Ribaltone in Romania, al governo vanno i socialdemocratici

 

La crisi del Governo rumeno si è conclusa con un sensazionale colpo di scena. Il Governo presieduto dall’ex direttore dei servizi segreti Mihai Razvan Ungureanu è caduto a inizio settimana a seguito di un voto di sfiducia da parte delle opposizioni. Ungureanu era diventato Primo Ministro solo due mesi fa dopo le dimissioni del suo predecessore, il conservatore Emili Boc, a seguito delle proteste contro le dure politiche sociali che avevano causato un forte aumento della disoccupazione e un netto abbassamento degli stipendi. L’oggetto del contendere questa volta è stato il progetto di privatizzazione di varie imprese energetiche, il quale è stato rifiutato non solo dall’opposizione socialdemocratica ma finanche dai membri della maggioranza di destra.

 

Il ribaltone 

Il voto di sfiducia ha di fatto costruito una nuova maggioranza parlamentare. Il Presidente della Repubblica Traian Basescu, accusato per i suoi metodi autoritari e anticostituzionali, ha affidato al leader del Partito Socialdemocratico Victor Ponta il compito di formare un nuovo esecutivo che abbia i voti necessari per governare. Impresa apparentemente difficile per i socialdemocratici – sconfitti alle ultime elezioni – ma che, grazie all’appoggio di forze esterne all’Unione Social Liberale, potrebbe riuscire.

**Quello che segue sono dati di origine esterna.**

//! Laws of interned lists. Each function is the proof of its clauses.

ghost use Rattle.std.specs.Prelude.{◌≡◌, ◌↔◌, ◌<◌, ℕ, Bool, List, [], ◌∷◌, ◌++◌, ◌+◌, length, get_or, slice_index, Some, None, IsSome, true};
ghost use Rattle.std.specs.List.{flat_map};
ghost use Rattle.wasm_spec.specs.TypeData.{Group, Func};
ghost use Rattle.wasm_spec.specs.Module.{Module};
ghost use Rattle.rule_spec.specs.Rules.{Keeps};
ghost use Rattle.type_spec.specs.Equality.{SameGroup, SameType};
ghost use Rattle.type_spec.specs.Interned.{Interned, Called, Built, empty, mapped, same_mapped, with_group, with_exception, with_startup};
ghost use Rattle.type_spec.specs.Interned.{composite_at, taken, interned};
ghost use Rattle.type_spec.specs.Taken.{NameEarlier, TakeEqual, SameLists};
ghost use Rattle.form_types.specs.Types.{TypesData};
ghost use Rattle.form_types.specs.Placed.{placed_groups};
ghost use Rattle.form_types.specs.Numbered.{AreNumbered};
ghost use Rattle.module_types.specs.Orderly.{IsOrderly};
ghost use Rattle.module_types.specs.TypeList.{trampoline_at};
ghost use Rattle.module_types.specs.Builder.{BuilderState, Builder, builder_view, new_builder, interns, excepts, starts};
ghost use Rattle.module_types.specs.Conversion.{group_of_id, members_of, interned_index, kinds_of, HoldsGroups};
ghost use Rattle.module_types.specs.Tied.{trampoline_in, HasTrampoline, HaveTrampolines, IsTied};
ghost use Rattle.module_types.specs.InTurn.{interns_declared, HasGroups, CanIntern};
ghost use Rattle.module_types.specs.ListGroups.{group_at, list_groups, span_at, IsWellNamed, EngineMap, TellTypes, TellTypesBefore, IsCompared, OneIndex, AreCompared};
ghost use Rattle.module_types.specs.Runs.{with_groups, runs, firsts, AllFilled};

use wasm_types::WasmRecGroup;

/// The groups of a builder are consecutive, from the first type to the last: those of the empty one
/// are, and each step keeps it.
pub fn ranges_law()
    ensures none { IsOrderly empty }
    ensures group { (b : Built) (ts : List Interned) → 0 < length ts → IsOrderly b → IsOrderly (with_group b ts) }
    ensures exception { (b : Built) (i : ℕ) → IsOrderly b → IsOrderly (with_exception b i) }
    ensures startup { (b : Built) → IsOrderly b → IsOrderly (with_startup b true) }
{}

/// Mapping a function type twice is mapping it once, and the test of mapped types distinguishes
/// them.
pub fn trampolines_law()
    ensures once { (f : Called) → mapped (mapped f) ≡ mapped f }
    ensures told { (f g : Called) → (same_mapped (mapped f) g ≡ true) ↔ (mapped f ≡ g) }
{}

/// Functions of a builder's list have one trampoline exactly where their mapped types are equal.
pub fn one_trampoline_law()
    ensures none { IsTied empty }
    ensures group { (b : Built) (ts : List Interned) → IsTied b → IsTied (with_group b ts) }
    ensures exception { (b : Built) (i : ℕ) → IsTied b → IsTied (with_exception b i) }
    ensures startup { (b : Built) → IsTied b → IsTied (with_startup b true) }
    ensures taken { (ms : List (Group ℕ ℕ)) → IsTied (taken ms).built }
    ensures interned { (ms : List (Group ℕ ℕ)) (tags : List ℕ) (startup : Bool) → IsTied (interned ms tags startup) }
    ensures one { (b : Built) → IsTied b → (i j k l : ℕ) (f g : Called) → composite_at b.types i ≡ Func f → composite_at b.types j ≡ Func g
        → trampoline_in b i ≡ Some k → trampoline_in b j ≡ Some l → (k ≡ l) ↔ (mapped f ≡ mapped g) }
{}

/// Each function type that is taken of a module has a trampoline, also in its interned list. In a
/// builder each function member of an interned group has one, and keeps it. So `trampoline_type`
/// may be called with it.
pub fn has_trampoline_law()
    ensures taken { (ms : List (Group ℕ ℕ)) → HaveTrampolines (length (taken ms).built.types) (taken ms).built }
    ensures interned { (ms : List (Group ℕ ℕ)) (tags : List ℕ) (startup : Bool) → HaveTrampolines (length (taken ms).built.types) (interned ms tags startup) }
    ensures member { (b : Builder) (id : ℕ) (ts : List Interned) → IsTied b.built → b.ids id ≡ None → (i : ℕ) (f : Called) → composite_at ts i ≡ Func f
        → HasTrampoline (interns b id ts).built (length b.built.types + i) }
    ensures group { (b : Builder) (id : ℕ) (ts : List Interned) (i : ℕ) → HasTrampoline b.built i → HasTrampoline (interns b id ts).built i }
    ensures exception { (b : Builder) (k i : ℕ) → HasTrampoline b.built i → HasTrampoline (excepts b k).built i }
    ensures startup { (b : Builder) (i : ℕ) → HasTrampoline b.built i → HasTrampoline (starts b).built i }
    ensures shown { (b : BuilderState) (i : ℕ) → HasTrampoline (builder_view b).built i → IsSome (trampoline_at b.list i) }
{}

/// After one more group is appended, each id that a builder holds names the group that was interned
/// under it. This needs that it did so before, and that the new group has members of the same
/// kinds.
pub fn holds_law()
    ensures none { (t : TypesData) (validator : ℕ) → HoldsGroups t (new_builder validator) }
    ensures more { (t : TypesData) (b : Builder) (k : ℕ) (ts : List Interned)
        → HoldsGroups t b → kinds_of ts ≡ kinds_of (members_of t k) → HoldsGroups t (interns b k ts) }
{}

/// A builder that interned groups in turn holds those whose ids came for the first time, in that
/// order, each with its trampolines.
pub fn runs_law()
    ensures { (validator : ℕ) (calls : List (ℕ × List Interned)) → (runs (new_builder validator) calls).built ≡ with_groups empty (firsts [] calls) }
{}

/// Two lists of groups that are not empty are equal exactly where what is built of them has equal
/// types and equal groups.
pub fn built_groups_law()
    ensures { (tss uss : List (List Interned)) → AllFilled tss → AllFilled uss
        → (tss ≡ uss) ↔ (((with_groups empty tss).types ≡ (with_groups empty uss).types) × ((with_groups empty tss).groups ≡ (with_groups empty uss).groups)) }
{}

/// In a module that keeps the rules each reference names a type of its own group or of an earlier
/// one.
pub fn earlier_law()
    ensures { (m : Module) → Keeps m → NameEarlier 0 (placed_groups m) }
{}

/// A builder that interned the declared groups of a module in turn holds what the definition takes.
/// It holds each declared type at the index that the definition gives it. So two declared types
/// have one interned index exactly where they are equal.
pub fn declared_groups_law()
    ensures taken { (m : Module) (t : TypesData) → AreNumbered m t → NameEarlier 0 (placed_groups m) → (validator : ℕ)
        → HasGroups t (interns_declared t (new_builder validator) 0 (placed_groups m)) (taken (placed_groups m)) }
    ensures told { (m : Module) (t : TypesData) → AreNumbered m t → NameEarlier 0 (placed_groups m) → (validator i j : ℕ)
        → i < length t.declared → j < length t.declared
        → (interned_index t (interns_declared t (new_builder validator) 0 (placed_groups m)) (slice_index t.declared i)
        ≡ interned_index t (interns_declared t (new_builder validator) 0 (placed_groups m)) (slice_index t.declared j))
        ↔ SameType (placed_groups m) (placed_groups m) i j }
{}

/// After the declared groups before it each group can be interned.
pub fn next_group_law()
    ensures { (m : Module) (t : TypesData) → AreNumbered m t → NameEarlier 0 (placed_groups m) → (validator : ℕ)
        (gs rest : List (Group ℕ ℕ)) (g : Group ℕ ℕ) → placed_groups m ≡ gs ++ g ∷ rest → 0 < length g
        → CanIntern t (interns_declared t (new_builder validator) 0 gs) (group_of_id t (slice_index t.declared (length (flat_map (λ h. h) gs)))) }
{}

/// Two declared types have one interned index exactly where they are equal.
pub fn declared_law()
    ensures { (ms : List (Group ℕ ℕ)) → NameEarlier 0 ms → (i j : ℕ) → i < length (taken ms).declared → j < length (taken ms).declared
        → (get_or (taken ms).declared i 0 ≡ get_or (taken ms).declared j 0) ↔ SameType ms ms i j }
{}

/// Each declared type is equal to the interned type at its index.
pub fn same_type_law()
    ensures { (ms : List (Group ℕ ℕ)) → NameEarlier 0 ms → (tags : List ℕ) (startup : Bool) (i : ℕ) → i < length (taken ms).declared
        → SameType ms (list_groups (interned ms tags startup)) i (get_or (taken ms).declared i 0) }
{}

/// Before exception types and the startup type are appended, the interned lists of two modules are
/// equal exactly where the groups taken of the two are equally many and equal in turn.
pub fn equal_lists_law()
    ensures { (ms ns : List (Group ℕ ℕ)) → NameEarlier 0 ms → NameEarlier 0 ns
        → SameLists (taken ms).built (taken ns).built ↔ TakeEqual ms ns }
{}

/// In the interned list of a module each reference names a type of its own group or of an earlier
/// one, by its kind.
pub fn well_named_law()
    ensures { (ms : List (Group ℕ ℕ)) → NameEarlier 0 ms → (tags : List ℕ) (startup : Bool) → IsWellNamed (interned ms tags startup) }
{}

/// Where the engine's indices of two lists' types are equal exactly for equal types, canonical
/// forms of a group of each, over its own range, are equal exactly where the groups are.
pub fn compared_groups_law()
    ensures { (b b' : Built) → IsWellNamed b → IsWellNamed b' → (engine engine' : EngineMap) → TellTypes b b' engine engine'
        → (k l : ℕ) (x x' y y' : WasmRecGroup) → IsCompared b engine k x x' → IsCompared b' engine' l y y'
        → (x' ≡ y') ↔ SameGroup (λ i j. SameType (list_groups b) (list_groups b') i j) (group_at b k) (group_at b' l) }
{}

/// For canonical groups of two groups it is enough that the engine's indices distinguish the types
/// before the two.
pub fn compared_before_law()
    ensures { (b b' : Built) → IsWellNamed b → IsWellNamed b' → (engine engine' : EngineMap) (k l : ℕ)
        → TellTypesBefore b b' engine engine' (span_at b k).start (span_at b' l).start
        → (x x' y y' : WasmRecGroup) → IsCompared b engine k x x' → IsCompared b' engine' l y y'
        → (x' ≡ y') ↔ SameGroup (λ i j. SameType (list_groups b) (list_groups b') i j) (group_at b k) (group_at b' l) }
{}

/// Where types of two lists have one engine's index exactly if they are at one position of one
/// canonical group, the indices distinguish all types.
pub fn told_by_forms_law()
    ensures { (b b' : Built) → IsWellNamed b → IsWellNamed b' → (engine engine' : EngineMap) (olds forms olds' forms' : ℕ → WasmRecGroup)
        → AreCompared b engine olds forms → AreCompared b' engine' olds' forms' → OneIndex b b' engine engine' forms forms'
        → TellTypes b b' engine engine' }
{}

Per la destra la sconfitta è cocente. Dopo aver vinto le elezioni del 2008 il Partito Democratico Liberale aveva attuato tutte le misure imposte dall’FMI e dall’Unione Europea per poter accedere ad aiuti economici in supporto della sua economia. Le enormi proteste a seguito dell’abbassamento degli stipendi dei dipendenti pubblici e dei tentativi di privatizzare alcuni dipartimenti della sanità avevano portato alle dimissioni del leader del PDL Emil Boc. Mihai Razvan Ungureanu ha provato a portare avanti la politica del suo predecessore, ma le divisioni interne alla maggioranza e le proteste del popolo rumeno al piano di austerità lo hanno portato alla caduta.

 

Il centrosinistra al Governo 

A pochi mesi dalle elezioni politiche i socialdemocratici provano ora la carta del Governo. Una mossa quantomeno azzardata: Victor Ponta dovrà vedersela ora con i funzionari del Fondo Monetario Internazionale, che ha bloccato l’aiuto previsto di 5 miliardi di euro in attesa di confrontarsi con il nuovo esecutivo. Di certo, il rifiuto del Parlamento nel procedere a nuove privatizzazioni non può essere ben visto da Bruxelles e da Washington e resta dunque da vedere come potrà il nuovo Governo non esaudire i desideri dei mercati. Se dovessero fallire, i socialdemocratici metterebbero in discussione una vittoria che tutti davano per certa.